Prolonged PPARγ deletion in the mature adipocyte of HFD-fed mice accelerates adipocyte death. (A) Representative H&E staining in sWAT and eWAT of both control Rosi and Adn-PPARγ^−/− HFD Rosi groups after 3 weeks of doxycycline-HFD feeding. (B) Immunofluorescence staining for perilipin (red) and DAPI (blue) in sWAT and eWAT of both groups after 3 weeks of doxycycline-HFD feeding.

FIG 7

Screening for PPARγ-independent rosiglitazone targets in sWAT. (A) Experimental design.
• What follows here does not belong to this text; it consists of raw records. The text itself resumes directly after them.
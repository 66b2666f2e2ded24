// A run file run, and balances looked up on the board that it leaves: in place, and by value on that board with one number replaced.
// Rests on lookups, on runfile for a run, on by_value and image for a changed board. Each public function takes any bytes.
#![tactic(auto)]

ghost use Rattle.std.specs.Prelude.{◌≤◌, ◌≡◌};
ghost use Rattle.machine.specs.Boards.{fresh_board};
ghost use Rattle.machine.specs.Calls.{refusal_of};
ghost use Rattle.machine.specs.Runs.{running};
ghost use Rattle.decoder.specs.RunFile.{event_limit, event_count, calls_of};
ghost use Rattle.runfile.specs.Program.{StaysSound};
ghost use Rattle.run_lookups.specs.Looked.{count_or, looked_on, looked_file};
ghost use Rattle.run_lookups.specs.Changed.{looked_changed};

use arrays::Arrays;
use by_value::changed::board_after;
use counted::NO_COUNT;
use decoder::file::{EVENTS, event_count};
use image::changed;
use lookups::{LookedUp, look_up, look_up_at};
use runfile::begin::begin;
use runfile::run::{refusal_of, run_events};
use site::Setup;

// A count, or a refusal: 2^64 less its number, so that of 1 it is NO_COUNT.
fn count_or(why: u8, count: usize) -> u64
    ensures { result ≡ count_or why count }
{
    if why == 0 {
        return count as u64;
    }
    NO_COUNT - (why as u64) + 1
}

// What a look-up answers, as a count.
fn answer_of(looked: LookedUp) -> u64
    ensures { result ≡ count_or (refusal_of looked.answer) looked.visited }
{
    count_or(refusal_of(looked.answer), looked.visited)
}

// The events of a file from the board of its start, and a look-up on the board that they leave.
fn look_up_after(input: &[u8], setup: Setup, pairs: &[u8], out: &mut [i64]) -> u64
    requires { StaysSound (fresh_board setup) × (event_count input.now ≤ event_limit) }
    ensures value { result ≡ (looked_on pairs.now out.old (running (fresh_board setup) (calls_of input.now))).count }
    ensures out_after { out.new ≡ (looked_on pairs.now out.old (running (fresh_board setup) (calls_of input.now))).slice }
{
    let mut board = Arrays::empty();
    let mut numbers = [0; EVENTS];
    let events = event_count(input);
    run_events(&mut board, setup, input, 0, events, &mut numbers);
    let looked = look_up_at(&board, setup, pairs, out);
    answer_of(looked)
}

// A run file run, and up to 256 balances looked up on its board: the answer is the count of record places visited. 2^64 less the number of the
// refusal, and the slice as it was, if the file (1), its start (2 to 5) or the look-up (7, 18) is refused.
pub fn run_lookup(input: &[u8], pairs: &[u8], out: &mut [i64]) -> u64
    ensures value { result ≡ (looked_file input.now pairs.now out.old).count }
    ensures out_after { out.new ≡ (looked_file input.now pairs.now out.old).slice }
{
    match begin(input) {
        Ok(setup) => look_up_after(input, setup, pairs, out),
        Err(not_begun) => count_or(not_begun.refusal.number(), 0),
    }
}

// What run_lookup does, by value on the board that the file leaves with the number at `place` of its row replaced by `value`, which 6 may refuse.
pub fn lookup_changed(input: &[u8], place: u64, value: u64, pairs: &[u8], out: &mut [i64]) -> u64
    ensures value { result ≡ (looked_changed input.now place value pairs.now out.old).count }
    ensures out_after { out.new ≡ (looked_changed input.now place value pairs.now out.old).slice }
{
    match begin(input) {
        Ok(setup) => {
            let left = board_after(input, setup);
            let board = changed(left, place as usize, value);
            let looked = look_up(board, pairs, out);
            answer_of(looked)
        }
        Err(not_begun) => count_or(not_begun.refusal.number(), 0),
    }
}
Adn-PPARγ^−/− mice and their control littermates were first fed an HFD for around 12 weeks. The doxycycline-HFD diet was introduced at day 81. Four days after doxycycline-HFD feeding, rosiglitazone was added to the doxycycline-HFD. Three days after adding rosiglitazone, sWAT was collected for microarray analysis. (B) Representative H&E staining in sWAT and eWAT of four groups after 7 days of doxycycline-HFD feeding. (C) Quality control and cluster of microarray samples. For each group, 3 samples (pooled from 9 mice) were used for microarray analysis. (D) PPARγ-independent TZD target genes clustered and presented by heat map, based on the log base 2-transformed expression levels for these genes. P cutoff, 0.05; fold change cutoff, 1.5.